Beyond Fast AutoAugment

Interestingly, Fast AutoAugment makes use of a proxy optimization task for finding the candidate policies, which is decoupled from the dataset and from the real objective function. There also exist several papers, that go beyond Fast AutoAugment and try to move the optimization task to the model training part.

One of those papers is RandAugment [6], a method proposed by the authors of AutoAugment. It eliminates the need for a proxy task, and thus moves the whole augmentation process to searching hyperparameters of the model. The number of parameters is also reduced from 30 to only 2. Paper also proves, that fixing magnitude to some value does not have a very significant impact on the performance, thus it can be eliminated from the parameters. The probability term of applying operation is exchanged with the uniform probability of $\begin{array}{l}\frac{1}{K}\end{array}$ .

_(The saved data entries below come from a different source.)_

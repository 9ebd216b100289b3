//! A folder with a folder for each day.

ghost use Rattle.std.specs.Prelude.{◌≡◌, ◌≢◌, ◌≤◌, ℕ, List, true, Some, OnOk, OnErr};
ghost use Rattle.byte_output.specs.Failures.{Rises};
ghost use Rattle.folders.specs.Folder.{Only, Stays};
ghost use Rattle.folders.specs.Memory.{memory_model};

use crate::matching::Matching;
use byte_output::put;
use folders::{CallFault, Contents, Folder, MemoryFolder};

/// The folder of a history, in which each day has a folder: the names of its files begin with its name and a slash.
pub trait HistoryFolder: Folder {
    /// Whether the folder of this day is open.
    ghost is_open: { Self → List ℕ → Type 0 };

    /// Opens the folder of this day, which is made if there is none; its name is on the disk then. From then on
    /// `sync_folder` waits for the names in it.
    fn open_day(&mut self, day: &str) -> Result<(), CallFault>
        ensures opened { OnOk result (is_open self.new day.now) }
        ensures all { Self.has_model ≡ true → (other : List ℕ) → Stays Self.model self.old self.new other }
        ensures more { Self.faults self.old ≤ Self.faults self.new }
        ensures fault { OnErr result (Rises (Self.faults self.old) (Self.faults self.new)) };

    /// Whether the file under a name can be read, and has exactly these bytes.
    fn has_text<C: Contents>(&mut self, name: &str, text: &C) -> bool
        ensures same { Self.has_model ≡ true → result ≡ true → Self.model.reads self.old name.now (Some (C.text text.now)) }
        ensures all { Self.has_model ≡ true → (other : List ℕ) → Stays Self.model self.old self.new other }
        ensures more { Self.faults self.old ≤ Self.faults self.new };

    /// Writes a short file under a name, in place of one that is there. A crash may lose it or cut it.
    fn write_short(&mut self, name: &str, text: &str) -> Result<(), CallFault>
        ensures written { Self.has_model ≡ true → OnOk result (Only (Some text.now) (Self.model.reads self.new name.now)) }
        ensures others { Self.has_model ≡ true → (other : List ℕ) → other ≢ name.now → Stays Self.model self.old self.new other }
        ensures more { Self.faults self.old ≤ Self.faults self.new }
        ensures fault { OnErr result (Rises (Self.faults self.old) (Self.faults self.new)) };
}

/// In memory each name is in the same folder.
impl HistoryFolder for MemoryFolder {
    ghost is_open = { λ _ _. Unit {0} };

    fn open_day(&mut self, day: &str) -> Result<(), CallFault> {
        match self.contains(day) {
            Ok(_) => Ok(()),
            Err(fault) => Err(fault),
        }
    }

    fn has_text<C: Contents>(&mut self, name: &str, text: &C) -> bool {
        match self.contains(name) {
            Ok(true) => has_text_in(self, name, text),
            _ => false,
        }
    }

    fn write_short(&mut self, name: &str, text: &str) -> Result<(), CallFault> {
        self.remove(name)?;
        let mut file = self.create_new(name, name)?;
        match put(&mut file, text.as_bytes()) {
            Ok(()) => self.sync(name, file),
            Err(_) => {
                self.abandon(file);
                Err(CallFault::Memory)
            }
        }
    }
}

// Whether the file under a name has these bytes.
fn has_text_in<C: Contents>(folder: &MemoryFolder, name: &str, text: &C) -> bool
    ensures { result ≡ true → memory_model.reads folder.now name.now (Some (C.text text.now)) }
{
    let Some(file) = folder.file(name) else {
        return false;
    };
    let mut matching = Matching::new(file);
    match text.write_to(&mut matching) {
        Ok(()) => matching.has_all(file),
        Err(_) => false,
    }
}
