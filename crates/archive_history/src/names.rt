//! The names of the files of a history.

ghost use Rattle.std.specs.Prelude.{◌≡◌, IfOk, string_bytes};
ghost use Rattle.std.specs.Int.{w32, to_be_bytes};
ghost use Rattle.std.specs.Net.Addr.{ipv4_octets};
ghost use Rattle.archive_history.specs.Times.{day_of};
ghost use Rattle.archive_history.specs.History.{stem_in_day, stem_text, numbered, draft_of};

use crate::stamp::Stamp;
use std::alloc::{AllocError, Allocator};
use std::net::Ipv4Addr;
use tftp_packet::Endpoint;
use tws_file::Ruleset;

// The address of a peer, which shows as `127.0.0.1`.
fn host_address(peer: Endpoint) -> Ipv4Addr
    ensures { ipv4_octets result ≡ to_be_bytes w32 peer.host }
{
    Ipv4Addr::from(peer.host.to_be_bytes())
}

// The stem of the names of a file that was taken from a peer, in the folder of its day:
// `20261127T091500.123Z-127.0.0.1-5000-lynx`.
fn stem_in_day<A: Allocator + Copy>(
    alloc: A,
    time: &Stamp,
    peer: Endpoint,
    ruleset: Ruleset,
) -> Result<String<A>, AllocError>
    ensures { IfOk result (λ stem. string_bytes stem ≡ stem_in_day time.now peer «ruleset») }
{
    let moment = time.compact(alloc)?;
    let host = host_address(peer);
    let port = peer.port;
    format!(in alloc; "{moment}-{host}-{port}-{ruleset}")
}

/// The stem of the names of a file that was taken from a peer, from the folder of its day on:
/// `2026-11-27/20261127T091500.123Z-127.0.0.1-5000-lynx`.
///
/// # Errors
///
/// Out of memory.
pub(crate) fn stem_of<A: Allocator + Copy>(
    alloc: A,
    day: &str,
    time: &Stamp,
    peer: Endpoint,
    ruleset: Ruleset,
) -> Result<String<A>, AllocError>
    requires { day.now ≡ day_of time.now }
    ensures { IfOk result (λ stem. string_bytes stem ≡ stem_text time.now peer «ruleset») }
{
    let stem = stem_in_day(alloc, time, peer, ruleset)?;
    format!(in alloc; "{day}/{stem}")
}

/// The name with this number; 0 is not written.
pub(crate) fn numbered<A: Allocator + Copy>(
    alloc: A,
    stem: &str,
    number: u32,
) -> Result<String<A>, AllocError>
    ensures { IfOk result (λ name. string_bytes name ≡ numbered stem.now number) }
{
    if number == 0 {
        format!(in alloc; "{stem}.tws")
    } else {
        format!(in alloc; "{stem}-{number}.tws")
    }
}

/// The name under which a file is written.
pub(crate) fn draft_of<A: Allocator + Copy>(alloc: A, name: &str) -> Result<String<A>, AllocError>
    ensures { IfOk result (λ draft. string_bytes draft ≡ draft_of name.now) }
{
    format!(in alloc; "{name}.new")
}

/// The name without the folder that it begins with, if it begins with one.
pub(crate) fn file_name(path: &str) -> &str {
    match path.split_once('/') {
        Some((_, name)) => name,
        None => path,
    }
}
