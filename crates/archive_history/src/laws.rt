//! What a history keeps of a solution file. The function does nothing: its contract is a law.

ghost use Rattle.std.specs.Prelude.{ℕ, List};
ghost use Rattle.tws_file.specs.Text.{File, IsText};
ghost use Rattle.archive_history.specs.Kept.{unpadded, without_pads};

/// What is kept of a solution file is one: the same header and the same records, in order, without the pads.
pub fn kept_files()
    ensures { (bytes : List ℕ) (f : File) → IsText bytes f → IsText (without_pads bytes) (unpadded f) }
{}
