//! A writer that compares.

ghost use Rattle.std.specs.Prelude.{◌≡◌, ◌≤◌, length, take, true};

use std::io;
use std::io::{ErrorKind, Write};

/// A writer that takes the bytes that are expected, and no others.
#[derive(Drop)]
pub(crate) struct Matching<'a> {
    wanted: &'a [u8],
    // How many of them have come.
    at: usize,
    ghost inside: { at ≤ length wanted.now },
}

impl<'a> Matching<'a> {
    /// Nothing has come yet.
    pub(crate) fn new(wanted: &'a [u8]) -> Self
        ensures wanted { result.wanted.now ≡ wanted.now }
        ensures none { result.at ≡ 0 }
    {
        Matching { wanted, at: 0 }
    }

    /// Whether these bytes are expected, and all have come. Whoever borrows a writer may put another in its place.
    pub(crate) fn has_all(&self, wanted: &[u8]) -> bool
        ensures { result ≡ true → take self.now.at self.now.wanted.now ≡ wanted.now }
    {
        self.wanted == wanted && self.at == wanted.len()
    }
}

impl Write for Matching<'_> {
    ghost use Rattle.std.specs.Prelude.{Some, take};

    ghost contents = { λ m. Some (take m.at m.wanted.now) };

    fn write(&mut self, buf: &[u8]) -> io::Result<usize> {
        let rest = &self.wanted[self.at..];
        if !rest.starts_with(buf) {
            return Err(io::Error::from(ErrorKind::InvalidData));
        }
        self.at += buf.len();
        Ok(buf.len())
    }

    fn flush(&mut self) -> io::Result<()> {
        Ok(())
    }
}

There can be $\begin{array}{l}K^N\end{array}$ candidate policies, with K – number of operations and N – consecutive transformations for one image. Table 6 shows, that the search space for RandAugment is only $\begin{array}{l}10^2\end{array}$ compared to $\begin{array}{l}10^{32}\end{array}$ in Fast AutoAugment and AutoAugment. Therefore RandAugment can be easily moved from a separate proxy task to the hyperparameter search process for the current model. Table 6 also shows that RandAugment achieves state-of-the-art results, especially for more complex models.